= Seven-Up Bottling Company =

Nigerian soft drinks company

Seven-Up Bottling Company Ltd is a soft drinks manufacturer headquartered in Lagos, Nigeria. Its shares were previously quoted on the Nigerian Stock Exchange but after a buyout of outstanding public shares by the investment arm of the founder's family, it became privately owned. Seven-Up Bottling Company Ltd is one of the largest manufacturing companies in Nigeria, producing and distributing some of the nation's most-loved beverages in the country like; Pepsi, 7Up, Mirinda, Teem, Mountain Dew, H2oH!, Lipton Ice Tea, Supa Komando Energy Drink and Aquafina premium drinking water.

SBC has nine bottling plants with state-of-the-art manufacturing facilities strategically located across various regions in the country.

==History==
Production of its first product, 7 Up started on October 1, 1960. The venture was a brainchild of the El-Khalil family from Lebanon. The family patriarch had founded a transport firm in Nigeria and then decided to divest into the soft drink market to compete with Leventis led Nigerian Bottling Company (NBC). In the 1960s, the firm introduced a brand of howdy products including Howdy, Crush, Howdy Tonic Water, and Howdy Ginger Ale. The firm's initial market was within Mid-West and Western Nigeria due to the location of its factory at Ijora, Lagos. To raise awareness and compete with NBC, they distributed outdoor branded kiosks to retailers.

In the 1970s, after the government promulgated an indigenisation decree, El-Khalil family sold their transport business and concentrated on the bottling business. Faysal El-Khalil, who managed the transport firm, joined Seven-Up and later became its managing director. As the purchasing power of consumers increased, the firm embarked on an expansion programme at the beginning of Nigeria's oil boom during the 1970s. A new factory was built in Oregun and followed by one at Ibadan and then at Aba. The company's push for nationwide coverage has led to factories being built in Kano, Kaduna, Enugu, Benin and Ilorin. Many of its expansion programs were financed with debt.

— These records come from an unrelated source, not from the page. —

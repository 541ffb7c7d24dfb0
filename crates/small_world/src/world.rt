ghost use Rattle.std.specs.Prelude.{◌≡◌, ◌<◌, ◌≤◌, ◌^◌, ◌↔◌, true, false, IsTrue, IfOk, OnOk, OnErr, length};

use crate::pieces::{answering, forwarding, got_again, refusing};
use lload_names::{Body, Entries, Entry, Letter, NoMemory, OpName, PartName, What};
use std::alloc::Global;
use std::marker::Model;

/// How connection 1 stands.
#[derive(Clone, Copy, Debug, PartialEq, Eq, Drop)]
pub enum Link {
    /// It was never linked.
    NotLinked,
    /// It is up, which the desk has yet to hear.
    Unheard,
    /// It is up, and the desk has heard so.
    Heard,
}

/// An operation of client 1 that was sent on connection 1. Its identifier there is its place in the list of them,
/// counted from 1.
#[derive(Clone, Copy, Debug, PartialEq, Eq, Drop)]
pub struct Forwarded {
    /// Its number among the client's operations.
    pub k: u64,
    /// Its identifier at the client.
    pub id: u32,
    /// Whether its answer has come.
    pub answered: bool,
}

/// The most operations that a world takes: connection 1 gives no identifier above it.
const MOST_OPERATIONS: u64 = 1_073_741_823;

/// One client, one regular connection and the desk, with a notice that waits for the desk once the connection is up.
/// Contracts see who has begun and what was sent.
#[derive(Debug, Drop)]
pub struct World {
    arrived: bool,
    link: Link,
    made: u64,
    forwarded: Vec<Forwarded>,
    alloc: Global,
}

impl Model for World {
    ghost use Rattle.std.specs.Prelude.{◌≡◌, ◌≤◌, ◌<◌, ◌^◌, true, length};
    ghost use Rattle.small_world.specs.States.{WorldState, are_in_range};

    ghost Value = { WorldState };

    ghost view = { λ w. record { arrived = w.arrived; link = w.link; made = w.made; forwarded = w.forwarded.items } };

    ghost invariant = { λ w. (length w.forwarded.items ≤ w.made) × (w.made < 2 ^ 30) × (are_in_range w.forwarded.items ≡ true) };
}

impl World {
    ghost use Rattle.std.specs.Prelude.{List, [], ◌++◌};
    ghost use Rattle.lload_names.specs.declared.names.Entry.{Entry as EntryValue};
    ghost use Rattle.lload_spec.specs.Writable.{each_can_be_written};
    ghost use Rattle.small_world.specs.States.{at_rest, begun, has_begun, heard_link, may_begin, uses, gave, MayTake, after_message};
    ghost use Rattle.small_world.specs.Rounds.{beginning, hearing, IsRound, Takes};
    ghost use Rattle.small_world.specs.Stands.{StandsFor};

    /// The world of the configuration `plain`, before anything began.
    pub fn plain(alloc: Global) -> Result<World, NoMemory>
        ensures state { IfOk result (λ w. w ≡ at_rest) }
        ensures stands { IfOk result (λ w. StandsFor w []) }
    {
        Ok(World {
            arrived: false,
            link: Link::NotLinked,
            made: 0,
            forwarded: Vec::new(alloc),
            alloc,
        })
    }

    /// Whether client 1, or connection 1, has begun.
    pub fn stands(&self, part: PartName) -> bool
        ensures { result ≡ has_begun self.now part }
    {
        match part {
            PartName::Desk => false,
            PartName::Client(n) => n == 1 && self.arrived,
            PartName::Up(n) => n == 1 && self.link != Link::NotLinked,
        }
    }

    /// Whether a live operation of client 1 has this identifier.
    pub fn is_in_use(&self, id: u32) -> bool
        ensures { result ≡ uses self.now id }
    {
        self.forwarded.iter().any(|f| !f.answered && f.id == id)
    }

    /// Whether this identifier was given on connection 1.
    pub fn was_given(&self, id: u32) -> bool
        ensures { result ≡ gave self.now id }
    {
        id != 0 && id as usize <= self.forwarded.len()
    }

    /// Client 1 arrives, or connection 1 is linked and up. The part hasn't begun. The answer is what the journal
    /// grows by; for want of memory nothing has changed.
    pub fn begin(&mut self, part: PartName) -> Result<Entries, NoMemory>
        requires { may_begin self.old part ≡ true }
        ensures made { IfOk result (λ piece. piece ≡ beginning part) }
        ensures state { OnOk result (self.new ≡ begun self.old part) }
        ensures stands { IfOk result (λ piece. (J : List EntryValue) → StandsFor self.old J → StandsFor self.new (J ++ piece)) }
        ensures err { OnErr result (self.new ≡ self.old) }
    {
        self.start(part)
    }

    /// The desk hears that connection 1 is up, where this waits to be heard. The answer is what the journal grows by;
    /// for want of memory nothing has changed.
    pub fn hear(&mut self) -> Result<Entries, NoMemory>
        ensures made { IfOk result (λ piece. piece ≡ hearing self.old.link) }
        ensures state { OnOk result (self.new ≡ record self.old { link = heard_link self.old.link }) }
        ensures stands { IfOk result (λ piece. (J : List EntryValue) → StandsFor self.old J → StandsFor self.new (J ++ piece)) }
        ensures err { OnErr result (self.new ≡ self.old) }
    {
        self.take_news()
    }

    /// Takes a message from a part, and all that follows from it: a Delete from client 1, or its answer from
    /// connection 1. Nothing waits to be heard. The answer is what the journal grows by; for want of memory nothing
    /// has changed.
    pub fn round(&mut self, part: PartName, id: u32, rest: Body) -> Result<Entries, NoMemory>
        requires { MayTake self.old part id rest }
        ensures made { IfOk result (λ piece. (J : List EntryValue) → StandsFor self.old J → IsRound part J piece) }
        ensures taken { IfOk result (λ piece. Takes part (record { id = id; rest = rest }) piece) }
        ensures writable { IfOk result (λ piece. each_can_be_written piece ≡ true) }
        ensures state { OnOk result (self.new ≡ after_message self.old part id) }
        ensures stands { IfOk result (λ piece. (J : List EntryValue) → StandsFor self.old J → StandsFor self.new (J ++ piece)) }
        ensures err { OnErr result (self.new ≡ self.old) }
    {
        let _ = &self.made;
        match part {
            PartName::Desk => unreachable!(),
            PartName::Client(_) => self.take_request(id, rest),
            PartName::Up(_) => self.take_answer(id, rest),
        }
    }
}

impl World {
    ghost use Rattle.small_world.specs.States.{IsRequestFor, IsAnswerFor, begun, heard_link, may_begin, after_request, after_answer};
    ghost use Rattle.small_world.specs.Rounds.{beginning, hearing};
    ghost use Rattle.small_world.specs.Pieces.{request_piece, answer_piece};

    // A part begins.
    fn start(&mut self, part: PartName) -> Result<Entries, NoMemory>
        requires { may_begin self.old part ≡ true }
        ensures made { IfOk result (λ piece. piece ≡ beginning part) }
        ensures state { OnOk result (self.new ≡ begun self.old part) }
        ensures err { OnErr result (self.new ≡ self.old) }
    {
        let mut entries = Entries::new(self.alloc);
        match part {
            PartName::Desk => {}
            PartName::Client(_) => {
                entries.push(Entry {
                    part,
                    at: 0,
                    what: What::Arrived,
                })?;
                self.arrived = true;
            }
            PartName::Up(_) => {
                entries.push(Entry {
                    part,
                    at: 0,
                    what: What::Linked,
                })?;
                entries.push(Entry {
                    part,
                    at: 0,
                    what: What::Up,
                })?;
                self.link = Link::Unheard;
            }
        }
        Ok(entries)
    }

    // The desk hears what is news.
    fn take_news(&mut self) -> Result<Entries, NoMemory>
        ensures made { IfOk result (λ piece. piece ≡ hearing self.old.link) }
        ensures state { OnOk result (self.new ≡ record self.old { link = heard_link self.old.link }) }
        ensures err { OnErr result (self.new ≡ self.old) }
    {
        let mut entries = Entries::new(self.alloc);
        if self.link == Link::Unheard {
            let letter = Letter::IsUp { conn: 1 };
            entries.push(Entry {
                part: PartName::Desk,
                at: 0,
                what: What::Heard { letter },
            })?;
            self.link = Link::Heard;
        }
        Ok(entries)
    }

    // A Delete comes in: it goes to connection 1 where the desk heard that this is up, and is refused elsewhere.
    fn take_request(&mut self, id: u32, rest: Body) -> Result<Entries, NoMemory>
        requires { IsRequestFor self.old id rest }
        ensures made { IfOk result (λ piece. piece ≡ request_piece self.old id rest) }
        ensures state { OnOk result (self.new ≡ after_request self.old id) }
        ensures err { OnErr result (self.new ≡ self.old) }
    {
        if self.made >= MOST_OPERATIONS {
            return Err(NoMemory);
        }
        let op = OpName {
            client: 1,
            k: self.made + 1,
        };
        let entries = if self.link == Link::Heard {
            let sent_as = self.forwarded.len() as u32 + 1;
            let entries = forwarding(self.alloc, op, sent_as, id, rest)?;
            self.forwarded.push(Forwarded {
                k: op.k,
                id,
                answered: false,
            })?;
            entries
        } else {
            refusing(self.alloc, op, id, rest)?
        };
        self.made += 1;
        Ok(entries)
    }

    // An answer comes: it goes to the client of a live operation, and has no effect elsewhere.
    fn take_answer(&mut self, id: u32, rest: Body) -> Result<Entries, NoMemory>
        requires { IsAnswerFor self.old id rest }
        ensures made { IfOk result (λ piece. piece ≡ answer_piece self.old id rest) }
        ensures state { OnOk result (self.new ≡ after_answer self.old id) }
        ensures err { OnErr result (self.new ≡ self.old) }
    {
        let at = id as usize - 1;
        let forwarded = self.forwarded[at];
        if forwarded.answered {
            return got_again(self.alloc, id, rest);
        }
        let entries = answering(self.alloc, forwarded, id, rest)?;
        self.forwarded[at].answered = true;
        Ok(entries)
    }
}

Currently, the firm markets 7-Up, Pepsi, Mirinda, Teem, Supa Komando and Mountain Dew.

==Marketing==
Seven-Up developed promotions in the late 1980s has a structural adjustment program adopted by the government led to price increases. The promos involved limited prizes drawn under the crown cork of bottles. Consumers could win money, cars or other gift items during the promos. However, the odds of winning were not favorable and this sometimes led to backlash from segments of the community.

Seven-Up has a history of sports sponsorship in Nigeria. The firm sponsors a youth football academy.

The firm also introduced 35cl and 50cl bottles of Pepsi.